Single by Dean Brody

from the album Boys
- Released: April 28, 2021
- Genre: Country pop
- Length: 2:47
- Label: Scurvy Dog; Starseed;
- Songwriter(s): Dean Brody;
- Producer(s): Todd Clark

Dean Brody singles chronology
| "Boys" (2020) | "Lightning Bug" (2021) | "More Drinkin' Than Fishin'" (2021) |

Lyric Video
- "Lightning Bug" on YouTube

= Lightning Bug (song) =

2021 single by Dean Brody

"Lightning Bug" is a song written and recorded by Canadian country artist Dean Brody. The song was released to radio in April 2021, as the fourth single from Brody's seventh studio album Boys.

==Background==
Brody wrote "Lightning Bug" by himself, and it was inspired by one of his first songwriting trips to Nashville, Tennessee. He remarked that he wanted to write a song "that captured the magic of being caught up in a warm summer night. It’s meant to tell the story of being in love with that special someone, with an almost dreamlike soundscape".

==Critical reception==
Nanci Dagg of Canadian Beats Media referred to the track as a "heartfelt love song", adding that it "takes listeners to that place where those magical memories of falling in love happen while providing everyone that listens to it a bright spot in what has been a challenging year for us all". Courtney Fielder of Country100.7 called the song a "hit", saying it was released "just in time for summer".

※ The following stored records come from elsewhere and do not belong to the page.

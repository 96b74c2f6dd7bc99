// The script that does the same work.

use crate::source_file::SourceFile;
use kl1_lines::put_decimal;
use kl1_term::{Term, put_whole};
use std::alloc::{AllocError, Global};

/// The bytes of the line that starts the goal with this allowance, without the account's name.
pub fn start_length(alloc: Global, goal: &Term, allowance: u64) -> Result<usize, AllocError> {
    let mut line = Vec::new(alloc);
    put_start(alloc, goal, allowance, &mut line)?;
    Ok(line.len())
}

/// Puts the line that starts the goal with this allowance, without the account's name, after the bytes. After an `Err` some of it may
/// be there.
fn put_start(
    alloc: Global,
    goal: &Term,
    allowance: u64,
    out: &mut Vec<u8>,
) -> Result<(), AllocError> {
    out.extend_from_slice(b"start ")?;
    put_decimal(out, allowance)?;
    out.extend_from_slice(b" 0 4095 ")?;
    put_whole(alloc, out, goal)
}

/// Puts the script that loads the files, starts the goal with this allowance, runs `steps` steps, and asks for the value, and
/// also for the first 64 reports if they are wanted, after the bytes. After an `Err` some of it may be there.
pub fn put_script(
    alloc: Global,
    files: &[SourceFile],
    goal: &Term,
    allowance: u64,
    steps: u64,
    with_reports: bool,
    out: &mut Vec<u8>,
) -> Result<(), AllocError> {
    out.extend_from_slice(b"accounts me\n")?;
    put_loads(files, out)?;
    put_goal(alloc, goal, allowance, steps, out)?;
    put_questions(with_reports, out)?;
    Ok(())
}

/// Puts a line and the bytes for each file after the bytes. After an `Err` some of them may be there.
fn put_loads(files: &[SourceFile], out: &mut Vec<u8>) -> Result<(), AllocError> {
    for file in files {
        put_load(file.text.as_slice(), out)?;
    }
    Ok(())
}

/// Puts the line that loads a text, and the text, after the bytes. After an `Err` some of them may be there.
fn put_load(text: &[u8], out: &mut Vec<u8>) -> Result<(), AllocError> {
    out.extend_from_slice(b"me load ")?;
    put_decimal(out, text.len() as u64)?;
    out.extend_from_slice(b"\n")?;
    out.extend_from_slice(text)?;
    out.extend_from_slice(b"\n")
}

/// Puts the lines that start and run the goal after the bytes. After an `Err` some of them may be there.
fn put_goal(
    alloc: Global,
    goal: &Term,
    allowance: u64,
    steps: u64,
    out: &mut Vec<u8>,
) -> Result<(), AllocError> {
    out.extend_from_slice(b"me ")?;
    put_start(alloc, goal, allowance, out)?;
    put_run(steps, out)
}

/// Puts the end of a line, and the line that runs `steps` steps, after the bytes. After an `Err` some of them may be there.
fn put_run(steps: u64, out: &mut Vec<u8>) -> Result<(), AllocError> {
    out.extend_from_slice(b"\nme run ")?;
    put_decimal(out, steps)?;
    out.extend_from_slice(b"\n")
}

/// Puts the lines that ask what came of the goal after the bytes. After an `Err` some of them may be there.
fn put_questions(with_reports: bool, out: &mut Vec<u8>) -> Result<(), AllocError> {
    out.extend_from_slice(b"me value 1\n")?;
    put_reports_line(with_reports, out)?;
    Ok(())
}

/// Puts the line that asks for the first reports, if they are wanted, after the bytes. After an `Err` some of it may be there.
fn put_reports_line(with_reports: bool, out: &mut Vec<u8>) -> Result<(), AllocError> {
    if with_reports {
        out.extend_from_slice(b"me reports 1 1\n")
    } else {
        Ok(())
    }
}
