// A run in slices, which is told as it goes on.

use crate::asked::ask;
use crate::watch::Watch;
use kl1_command::{Command, Performed, UnbookedHost, perform};
use kl1_user_events::{Query, Reply, ShoenNo};
use std::alloc::AllocError;

/// The most steps between two looks at what is told.
const SLICE: u64 = 4_096;

/// How many steps the reply to a run tells.
fn steps_in(reply: &Reply) -> u64 {
    match reply {
        Reply::Ran(steps) => *steps,
        _ => 0,
    }
}

/// Does first steps, at most `steps`, and answers how many were done. After an `Err` some of them may be done.
fn run_slice<H: UnbookedHost>(host: &mut H, steps: u64) -> Result<u64, AllocError> {
    match perform(host, &Command::Run(steps)) {
        Performed::Whole(reply) => Ok(steps_in(&reply)),
        Performed::Short { steps: _steps } => Err(AllocError),
        Performed::Memory => Err(AllocError),
    }
}

/// The reductions that a shoen was charged, and how many goals are alive in it and below it, if a reply tells its status.
fn progress_in(reply: &Reply) -> Option<(u64, u64)> {
    match reply {
        Reply::Status { charged, alive, .. } => Some((*charged, *alive)),
        _ => None,
    }
}

/// Tells what the shoen was charged, and how many goals are alive in it and below it, if that is due.
fn tell_progress<H: UnbookedHost, T: Watch>(
    host: &mut H,
    shoen: ShoenNo,
    watch: &mut T,
) -> Result<(), AllocError> {
    if !watch.is_due() {
        return Ok(());
    }
    let reply = ask(host, Query::Status(shoen))?;
    if let Some((charged, alive)) = progress_in(&reply) {
        watch.tell(charged, alive);
    }
    Ok(())
}

/// Does first steps, one after another, at most `steps` and until none can step. After an `Err` some of them may be done.
pub(crate) fn run_watched<H: UnbookedHost, T: Watch>(
    host: &mut H,
    shoen: ShoenNo,
    steps: u64,
    watch: &mut T,
) -> Result<(), AllocError> {
    let mut left = steps;
    while 0 < left {
        let slice = left.min(SLICE);
        let done = run_slice(host, slice)?;
        left -= slice;
        tell_progress(host, shoen, watch)?;
        // No goal can step, or the next step is refused.
        if done < slice {
            return Ok(());
        }
    }
    Ok(())
}
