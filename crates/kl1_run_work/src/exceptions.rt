// What is told of a shoen's exceptions.

use crate::reports::put_line;
use kl1_lines::put_decimal;
use std::alloc::AllocError;

/// The most exceptions by a limit that are told: a run that comes to a limit can raise very many of them.
const MOST_BY_LIMIT: usize = 3;

/// Whether a report tells an exception.
pub(crate) fn is_exception(report: &[u8]) -> bool {
    report.starts_with(b"exception(")
}

/// Whether a report tells the exception of a goal by which a limit would be passed.
fn is_by_limit(report: &[u8]) -> bool {
    report.starts_with(b"exception(exhaustion,")
}

/// Whether there is an exception.
pub(crate) fn is_raised(exceptions: &[Vec<u8>]) -> bool {
    match exceptions {
        [] => false,
        [_first, ..] => true,
    }
}

/// How many exceptions are left out.
fn left_out(exceptions: &[Vec<u8>]) -> usize {
    let mut count: usize = 0;
    for exception in exceptions {
        if is_by_limit(exception.as_slice()) {
            count = count.saturating_add(1);
        }
    }
    count.saturating_sub(MOST_BY_LIMIT)
}

/// Puts the lines of the exceptions that aren't left out after the bytes. After an `Err` some of them may be there.
fn put_told(exceptions: &[Vec<u8>], out: &mut Vec<u8>) -> Result<(), AllocError> {
    let mut room = MOST_BY_LIMIT;
    for exception in exceptions {
        let text = exception.as_slice();
        if !is_by_limit(text) {
            put_line(out, text)?;
        } else if 0 < room {
            put_line(out, text)?;
            room -= 1;
        }
    }
    Ok(())
}

/// Puts the line that tells how many exceptions are left out after the bytes. After an `Err` some of it may be there.
fn put_count(count: usize, out: &mut Vec<u8>) -> Result<(), AllocError> {
    out.extend_from_slice(b"kl1_run: exceptions by a limit that are left out here: ")?;
    put_decimal(out, count as u64)?;
    out.extend_from_slice(b"\n")?;
    Ok(())
}

/// Puts that line, if any exception is left out. After an `Err` some of it may be there.
fn put_left(count: usize, out: &mut Vec<u8>) -> Result<(), AllocError> {
    if 0 < count {
        put_count(count, out)
    } else {
        Ok(())
    }
}

/// Puts what is told of exceptions after the bytes: all of them, but of those by a limit the first alone, and how many are left out.
/// After an `Err` some of it may be there.
pub(crate) fn put_exceptions(exceptions: &[Vec<u8>], out: &mut Vec<u8>) -> Result<(), AllocError> {
    put_told(exceptions, out)?;
    put_left(left_out(exceptions), out)
}
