/// How the numbers of `statistics` belong together. The units add up to the size, and the blocks with the
/// unused nodes to the node limit. The largest region is the value of a class, so at most the largest free
/// block, of which it is at least 8/9. With room for one more block a report has the same two numbers.
pub fn statistics_belong_together<T: Tables>(allocator: &AllocatorOf<T>)
    ensures units { (s : Statistics) → AreStatistics s allocator.now
        → s.live_units + s.free_units ≡ allocator.now.size }
    ensures nodes { (s : Statistics) → AreStatistics s allocator.now
        → s.live_ranges + s.free_blocks + s.unused_nodes ≡ allocator.now.max_allocs }
    ensures largest { (s : Statistics) → AreStatistics s allocator.now
        → (s.largest_free_region ≤ s.largest_free_block) × (s.largest_free_block ≤ s.free_units)
        × (8 * s.largest_free_block ≤ 9 * s.largest_free_region) }
    ensures few { (s : Statistics) → AreStatistics s allocator.now → s.free_blocks ≤ s.live_ranges + 1 }
    ensures report { (s : Statistics) (r : StorageReport) → AreStatistics s allocator.now
        → IsReport r allocator.now
        → AdmitsBlocks 1 allocator.now
        → (r.total_free_space ≡ s.free_units) × (r.largest_free_region ≡ s.largest_free_region) }
{
    allocator.formed();
}

/// The live ranges lie in the space, and no two of them have a unit in common.
pub fn ranges_are_disjoint<T: Tables>(allocator: &AllocatorOf<T>)
    ensures within { (x : ℕ) (r : Range) → range_of x allocator.now ≡ Some r → r.offset + r.size
        ≤ allocator.now.size }
    ensures disjoint { (x y : ℕ) (r s : Range) → x ≢ y
        → range_of x allocator.now ≡ Some r → range_of y allocator.now ≡ Some s → AreDisjoint r s }
{
    allocator.formed();
}
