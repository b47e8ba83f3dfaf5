//! Continuous assignments in a run.
ghost use Rattle.std.specs.Prelude.{◌≡◌, not};
ghost use Rattle.vs_run_active.specs.Left.{valued};
ghost use Rattle.vs_run_active.specs.Touches.{is_left, woken};
ghost use Rattle.vs_run_active.specs.vs_process.specs.States as states;

use std::marker::Model;
use vs_design::vs_logic4::Vec4;
use vs_design::{Assign, Target, Typed};

/// A continuous assignment: what it drives and evaluates, whether it has to be evaluated, and the value that waits to be
/// written (IEEE 1364-2005, clause 6.1).
#[derive(Drop)]
pub struct AssignState<'a> {
    target: &'a Target,
    source: &'a Typed,
    needs: bool,
    pending: Option<Vec4>,
}

impl<'a> Model for AssignState<'a> {
    ghost use Rattle.std.specs.Coded.{codes};
    ghost use Rattle.vs_design.specs.contracts.expression.Typed as expression;
    ghost use Rattle.vs_run_active.specs.vs_process.specs.States as states;

    ghost Value = { states.AssignState };

    ghost coded = { Prim.hlevel (codes, expression.the_row.coded) };

    ghost view = { λ x. record { target = x.target.now; source = x.source.now; needs = x.needs; pending = x.pending } };
}

impl<'a> AssignState<'a> {
    /// The assignment at the start of a run: it has to be evaluated.
    pub(crate) fn start(assign: &'a Assign) -> Self
        ensures { result ≡ states.start_assign assign.entry.now }
    {
        AssignState {
            target: &assign.target,
            source: &assign.source,
            needs: true,
            pending: None,
        }
    }

    /// Whether it has to be evaluated.
    #[inline(always)]
    pub fn needs(&self) -> bool
        ensures { result ≡ self.now.needs }
    {
        self.needs
    }

    /// Whether it has to be evaluated or has a value that waits to be written.
    #[inline(always)]
    pub(crate) fn is_left(&self) -> bool
        ensures { result ≡ is_left self.now }
    {
        self.needs || self.pending.is_some()
    }

    /// What it drives.
    #[inline(always)]
    pub fn target(&self) -> &'a Target
        ensures { result.now ≡ self.now.target }
    {
        self.target
    }

    /// What it evaluates.
    #[inline(always)]
    pub fn source(&self) -> &'a Typed
        ensures { result.now ≡ self.now.source }
    {
        self.source
    }

    /// An evaluation of it ends: this value waits to be written now, or none.
    #[inline(always)]
    pub(crate) fn leave(&mut self, value: Option<Vec4>)
        ensures { self.new ≡ valued value self.old }
    {
        self.needs = false;
        self.pending = value;
    }

    /// The value that waits to be written.
    #[inline(always)]
    pub fn pending(&self) -> Option<Vec4>
        ensures { result ≡ self.now.pending }
    {
        self.pending
    }

    /// Leaves nothing pending.
    #[inline(always)]
    pub(crate) fn settle(&mut self)
        ensures { self.new ≡ states.settled self.old }
    {
        self.pending = None;
    }

    /// It has to be evaluated; the answer is whether that is new.
    #[inline(always)]
    pub(crate) fn wake(&mut self) -> bool
        ensures woken { self.new ≡ woken self.old }
        ensures new { result ≡ not self.old.needs }
    {
        let new = !self.needs;
        self.needs = true;
        new
    }
}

==Commercial performance==
"Lightning Bug" peaked at number 78 on the Canadian Hot 100 for the week of August 7, 2021. It also peaked at number seven on the Billboard Canada Country chart for the same week, marking Brody's twenty-ninth career top ten hit. It has been certified Gold by Music Canada.

==Charts==

Chart performance for "Lightning Bug"
| Chart (2021) | Peak position |
|---|---|
| Canada (Canadian Hot 100) | 78 |
| Canada Country (Billboard) | 7 |

==Certifications==

| Region | Certification | Certified units/sales |
| Canada (Music Canada) | Gold | 40,000^{‡} |
^{‡} Sales+streaming figures based on certification alone.